It's time to unpick the Tories' misleading environmental promises.
Natalie Bennett is a Green Party peer and a Contributing Editor to Left Foot Forward.
On Times Radio this week, I was asked if environment secretary George Eustice’s new plans for nature were ‘ambitious’. I had to respond that was just about the last adjective I would have used.

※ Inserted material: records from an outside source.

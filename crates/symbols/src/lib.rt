// Symbols as bytes, and sets of symbols.
#![tactic(auto)]

pub mod sets; // sets.rt: sets of symbols

// The empty symbol.
pub const EMPTY: u8 = 0;
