// Sets of symbols as 64-bit numbers: bit n is symbol n, bit 0 the empty symbol.
ghost use Rattle.std.specs.Prelude.{◌≡◌, ◌&&◌, ◌<◌, ◌^◌};
ghost use Rattle.basics.specs.Words.{true, not, ℕ, eqb, member};
ghost use Rattle.symbols.specs.SymbolSets.{least_symbol, without_symbol, without_empty, sound_set, partners};

// The set of the empty symbol.
pub const EMPTY: u64 = 1 << crate::EMPTY;

// The set of one symbol.
pub fn set_of(symbol: u8) -> u64
    requires { symbol < 64 }
    ensures { result ≡ 2 ^ symbol }
{
    1 << symbol
}

// Whether a set has a symbol; `one` is the set of that symbol.
pub fn holds(set: u64, one: u64) -> bool
    ensures { (symbol : ℕ) → one ≡ 2 ^ symbol → result ≡ member set symbol }
{
    set & one != 0
}

// Whether a set is not empty and has no bit over S; `last` is the set of S.
pub fn is_sound(set: u64, last: u64) -> bool
    ensures { (S : ℕ) → last ≡ 2 ^ S → result ≡ sound_set S set }
{
    (set != 0) & (set / 2 < last)
}

// The least symbol of a set that is not empty.
pub fn least(set: u64) -> usize
    requires { 0 < set }
    ensures { (result ≡ least_symbol set) × (result < 64) × (member set result ≡ true) }
{
    // A cast, since `usize::from` takes no u32.
    set.trailing_zeros() as usize
}

// A set that is not empty without its least symbol.
pub fn without_least(set: u64) -> u64
    requires { 0 < set }
    ensures { (result < set) × ((n : ℕ) → member result n ≡ (member set n && not (eqb n (least_symbol set)))) }
{
    set & (set - 1)
}

// A set without a symbol; `one` is the set of that symbol.
fn without(set: u64, one: u64) -> u64
    ensures { (symbol : ℕ) → one ≡ 2 ^ symbol → result ≡ without_symbol set symbol }
{
    set & (set ^ one)
}

// A set without the empty symbol.
pub fn without_empty(set: u64) -> u64
    ensures { result ≡ without_empty set }
{
    without(set, EMPTY)
}

// The symbols of a set that make a pair of an arc's kind with one symbol, whichever of the two is in; `one` is the set of that symbol.
pub fn of_kind(set: u64, kind: u8, one: u64) -> u64
    ensures { (x : ℕ) → one ≡ 2 ^ x → result ≡ partners kind set x }
{
    if kind == 0 {
        return set;
    }
    if kind == 1 {
        return without_empty(set & one);
    }
    without(set, one)
}
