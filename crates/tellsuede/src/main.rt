// Counts the recipes of a list at or below each child of a branch.
#![tactic(auto)]

mod options;
mod refusal;

use facet::Facet;
use options::{Command, Options, UsageFault};
use recipes::{LineFault, ListFault, Recipe, all_reach, count_children, read_list};
use refusal::Refusal;
use std::alloc::{AllocError, Global};
use std::env::Env;
use std::fs::Files;
use std::io::Read;
use std::process::ExitCode;
use std::{env, fs, io};
use thiserror::Error;

const HELP: &str = "Counts recipes by facet.

usage: tellsuede [--at FACET]... [--min N] [FILE]...

A list has one recipe a line: a name, and then the facets that it is filed under, with tabs between.
A facet is a path such as /dough/rye/light; a slash or a backslash within a step has a backslash before it.
For each list and each branch it prints every child of the branch that some recipe is filed at or below,
with the number of those recipes, each counted once, in the order of facets.

  --at FACET   a branch to count below; may be given again; the root / if none is given
  --min N      print whether every child has at least N recipes
  --help       print this
  FILE         a list; standard input if none is given, or for -

A text that is no facet is named by its file, line, text and refusal on standard error. Then nothing is counted,
and the status is 1.
";

// Why the program ends early. An `anyhow::Error` keeps only 120 bytes of a message.
#[derive(Debug, Drop, Error)]
enum Ended<'a> {
    #[error("tellsuede: {0}")]
    Io(#[from] io::Error),
    #[error("tellsuede: out of memory")]
    Memory(#[from(alloc)] AllocError),
    #[error("tellsuede: {0}; --help says more")]
    Usage(#[from] UsageFault),
    #[error("tellsuede: {0}: {1}")]
    File(&'a str, io::Error),
    #[error("{file}:{line}: {text}: {refusal}")]
    Refused {
        file: &'a str,
        line: usize,
        text: String,
        refusal: Refusal,
    },
}

// A list with the name of its file.
#[derive(Drop)]
struct List {
    name: String,
    recipes: Vec<Recipe>,
}

fn main(rt: HostRuntime) -> ExitCode {
    let command = match command(&rt) {
        Ok(command) => command,
        Err(ended) => return fail(&rt, &ended),
    };
    match run(&rt, &command) {
        Ok(()) => ExitCode::SUCCESS,
        Err(ended) => fail(&rt, &ended),
    }
}

// Tells why the program ends; and where a refusal cannot be told, why not.
fn fail(rt: &HostRuntime, ended: &Ended) -> ExitCode {
    if let Err(error) = eprintln!(rt; "{ended}") {
        if !matches!(ended, Ended::Io(_) | Ended::Memory(_)) {
            let _ = eprintln!(rt; "tellsuede: {error}");
        }
    }
    ExitCode::FAILURE
}

fn command(rt: &(impl Env + AllocGlobal)) -> Result<Command, Ended<'static>> {
    let command = Command::read(rt.alloc(), env::args(rt)?)?;
    Ok(command)
}

fn run<'a>(
    rt: &(impl Files + Input + Print + AllocGlobal),
    command: &'a Command,
) -> Result<(), Ended<'a>> {
    match command {
        Command::Help => rt.print(HELP)?,
        Command::Count(options) => count(rt, options)?,
    }
    Ok(())
}

// Reads every list, and then prints what is counted in each.
fn count<'a>(
    rt: &(impl Files + Input + Print + AllocGlobal),
    options: &'a Options,
) -> Result<(), Ended<'a>> {
    let mut lists = Vec::new(rt.alloc());
    for file in options.files.iter() {
        lists.push(read(rt, file.as_str())?)?;
    }
    for list in lists.iter() {
        print_list(rt, list, options)?;
    }
    Ok(())
}

// The list in a file, or in standard input for `-`.
fn read<'a>(rt: &(impl Files + Input + AllocGlobal), file: &'a str) -> Result<List, Ended<'a>> {
    if file == "-" {
        let mut text = Vec::new(rt.alloc());
        rt.reader().read_to_end(&mut text)?;
        return parse(rt.alloc(), file, &text);
    }
    match fs::read(rt, file) {
        Ok(text) => parse(rt.alloc(), file, &text),
        Err(error) => Err(Ended::File(file, error)),
    }
}

// The list of a text, or the first text in it that is no facet.
fn parse<'a>(heap: Global, file: &'a str, text: &[u8]) -> Result<List, Ended<'a>> {
    match read_list(heap, text) {
        Ok(recipes) => Ok(List {
            name: String::from_str(heap, file)?,
            recipes,
        }),
        Err(ListFault::Memory) => Err(Ended::Memory(AllocError)),
        Err(
            ListFault::Line(
                LineFault {
                    line,
                    text,
                    fault,
                    ..
                },
            ),
        ) => Err(Ended::Refused {
            file,
            line,
            text: String::from_utf8_lossy(heap, text)?,
            refusal: Refusal(fault),
        }),
    }
}

fn print_list<'a>(
    rt: &(impl Print + AllocGlobal),
    list: &List,
    options: &Options,
) -> Result<(), Ended<'a>> {
    let name = list.name.as_str();
    let count = list.recipes.len();
    println!(rt; "{name}, recipes: {count}")?;
    for branch in options.branches.iter() {
        print_branch(rt, &list.recipes, branch, options.min)?;
    }
    Ok(())
}

fn print_branch<'a>(
    rt: &(impl Print + AllocGlobal),
    recipes: &[Recipe],
    branch: &Facet,
    min: Option<u64>,
) -> Result<(), Ended<'a>> {
    let entries = count_children(rt.alloc(), recipes, branch)?;
    println!(rt; "below {branch}:")?;
    for entry in entries.iter() {
        println!(rt; "{entry}")?;
    }
    if let Some(min) = min {
        let verdict = if entries.is_empty() {
            "no child"
        } else if all_reach(&entries, min) {
            "reached by every child"
        } else {
            "not reached by every child"
        };
        println!(rt; "minimum {min}: {verdict}")?;
    }
    Ok(())
}
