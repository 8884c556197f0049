// The words of the command line.
ghost use Rattle.std.specs.Prelude.{◌≡◌, ℕ, ◌<◌, List, [], ◌∷◌, ◌++◌, Ok, IfOk, OnOk, OnErr, IsErr, IsSome, string_bytes, vec_len};
ghost use Rattle.std.specs.Str.Parse.{ParsesUnsigned};
ghost use Rattle.facet.specs.Reading.{read};

use crate::refusal::Refusal;
use facet::Facet;
use std::alloc::{AllocError, Global};
use std::env::Args;
use thiserror::Error;

#[derive(Drop)]
pub enum Command {
    Help,
    Count(Options),
}

#[derive(Drop)]
pub struct Options {
    pub files: Vec<String>,
    pub branches: Vec<Facet>,
    pub min: Option<u64>,
    ghost some_file: { 0 < vec_len files },
    ghost some_branch: { 0 < vec_len branches },
}

#[derive(Debug, Drop, Error)]
pub enum UsageFault {
    #[error("--at wants a facet")]
    NoFacet,
    #[error("--min wants a number")]
    NoMinimum,
    #[error("--at {0}: {1}")]
    Facet(String, Refusal),
    #[error("--min {0}: not a number from 0 to 18446744073709551615")]
    Minimum(String),
    #[error("{0}: no such option")]
    Unknown(String),
    #[error("out of memory")]
    Memory(#[from(alloc)] AllocError),
}

// The facet behind `--at`.
fn read_branch(word: String) -> Result<Facet, UsageFault>
    ensures value { IfOk result (λ f. read (string_bytes word) ≡ Ok f) }
    ensures refused { OnErr result (IsErr (read (string_bytes word))) }
{
    Facet::from_text(word.as_bytes()).map_err(|fault| UsageFault::Facet(word, Refusal(fault)))
}

// The number behind `--min`.
fn read_minimum(word: String) -> Result<u64, UsageFault>
    ensures { ParsesUnsigned 64 10 (string_bytes word) result }
{
    word.parse::<u64>().map_err(|_| UsageFault::Minimum(word))
}

// What the words said so far.
#[derive(Drop)]
struct Said {
    files: Vec<String>,
    branches: Vec<Facet>,
    min: Option<u64>,
    help: bool,
}

impl Said {
    // Takes the facet behind `--at` behind the other branches.
    fn take_branch(&mut self, word: String) -> Result<(), UsageFault>
        ensures taken { OnOk result ((f : List ℕ) × (read (string_bytes word) ≡ Ok f) × (self.new.branches.items ≡ self.old.branches.items ++ f ∷ [])) }
        ensures files { self.new.files ≡ self.old.files }
    {
        self.branches.push(read_branch(word)?)?;
        Ok(())
    }

    // Takes the number behind `--min` in place of one before.
    fn take_minimum(&mut self, word: String) -> Result<(), UsageFault>
        ensures taken { OnOk result (IsSome self.new.min) }
        ensures branches { self.new.branches ≡ self.old.branches }
        ensures files { self.new.files ≡ self.old.files }
    {
        self.min = Some(read_minimum(word)?);
        Ok(())
    }
}

impl Command {
    // What the words ask for, of which the first is the program's name.
    pub fn read(heap: Global, words: Args) -> Result<Command, UsageFault> {
        let mut said = Said {
            files: Vec::new(heap),
            branches: Vec::new(heap),
            min: None,
            help: false,
        };
        let mut words = words.skip(1);
        while let Some(word) = words.next() {
            match word.as_str() {
                "--at" => said.take_branch(words.next().ok_or(UsageFault::NoFacet)?)?,
                "--min" => said.take_minimum(words.next().ok_or(UsageFault::NoMinimum)?)?,
                "--help" => said.help = true,
                text if text.len() > 1 && text.starts_with('-') => {
                    return Err(UsageFault::Unknown(word));
                }
                _ => said.files.push(word)?,
            }
        }
        if said.help {
            return Ok(Command::Help);
        }
        let Said {
            mut files,
            mut branches,
            min,
            help: _,
        } = said;
        // the root where no branch is named, and standard input where no file is
        if branches.is_empty() {
            branches.push(Facet::root())?;
        }
        if files.is_empty() {
            files.push(String::from_str(heap, "-")?)?;
        }
        Ok(Command::Count(Options {
            files,
            branches,
            min,
        }))
    }
}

Nonetheless, the minister’s speech was powerful evidence that campaigning works. Two of its offerings – on a 2030 ‘state of nature’ target and a 2024 end to use of peat in garden compost – reflect the foci of massive efforts in campaigning. More than 160,000 people have signed the petition calling for an end to natural decline, in a drive coordinated by Wildlife and Countryside Link and backed by all the large nature NGOs.
The peat campaign has seen many celebrities, particularly importantly gardeners and the Royal Horticultural Society, speaking out about the wholly unnecessary damage being done by the destruction of peatlands for compost.
But that doesn’t mean campaigners can now sit back and rest on their laurels. We’ve learnt again and again from this government that when it comes to nature and the environment, it will be aiming for maximum splash from the announcement, but minimum impact in the action.
That’s true of plastics. Our minimal ban on stirrers, straws and cotton buds that came into force last year was not ‘world-leading’, as the government mechanically claims about every action, but behind the European Union’s more extensive ban. It is also far from the ban on single-use plastics needed.
For peat’s sake
On upland peat, a so-called ‘ban’ is nothing of the sort, protecting only 40% of this fragile, precious landscape. It will leave 213,000 hectares to the ‘mercy’ of the driven grouse shooters, who’ll continue to be able to destroy carbon stores, inflict air pollution and increased flooding risk on their communities, and fry huge numbers of wild animals. All so there can be more grouse to shoot on the Inglorious Twelfth.
There was bemusement that there would be yet another consultation before the implementation of the ban. Given that back in 2010 it was agreed peat compost would be phased out by 2020, these issues have been extraordinarily well-explored. Consultation instead of action (we might call it a disease of consultationitis) – see the bottle-deposit scheme for England that is now, possibly, maybe, going to come into action in 2024 – is this government’s pattern.
There’s also concern that an offer to restore 35,000 hectares of degraded upland peat is not nearly the scale of action the climate emergency and nature crisis demand. The Wildlife Trusts described the announcement as disappointing and are calling for all upland peat and a quarter of lowland to be restored.
Much else apparently good in the announcement slides away into the bins labelled ‘inadequate’ and ‘unclear’. As Green MP Caroline Lucas pointed out, the long-awaited tree planting pledge is only one quarter of what is needed at even a basic level.
And there’s much concern from campaigners that this has to be ‘the right tree in the right place’. Shoving in saplings in random pieces of ground, or planting expansive monoculture plantations for wood production, is not going to deliver what is needed for nature, climate or communities.
There’s also odd elements of George Eustice’s speech, that add to the impression of it being a hastily assembled set of tick boxes. There’s a nod to the growing public passion for rewilding and re-introduction of lost species. But the only species mentioned, wildcats, is an odd choice, when real progress is being made on pine martens and beavers (even if the latter is controversial in some quarters).
The suggestion of restoring the golden eagle to England is also kick in the teeth to raptor-lovers, conjuring up immediately the awful, desperately sad image from Scotland of the magnificent creature, collapsed beside the deliberately laid bait that killed it, earlier this month.
After the speech, news came out that two male hen harriers had disappeared in suspicious circumstances in Cumbria. These are likely just further cases of the persecution of raptors closely associated with the ‘industry’ of driven grouse shooting.
The Defra Secretary claimed that the government is making protecting nature a ‘pillar’ of its work. Instead, this is a ‘pillar’ built of crumbling sandstone, thrown together with careless hands.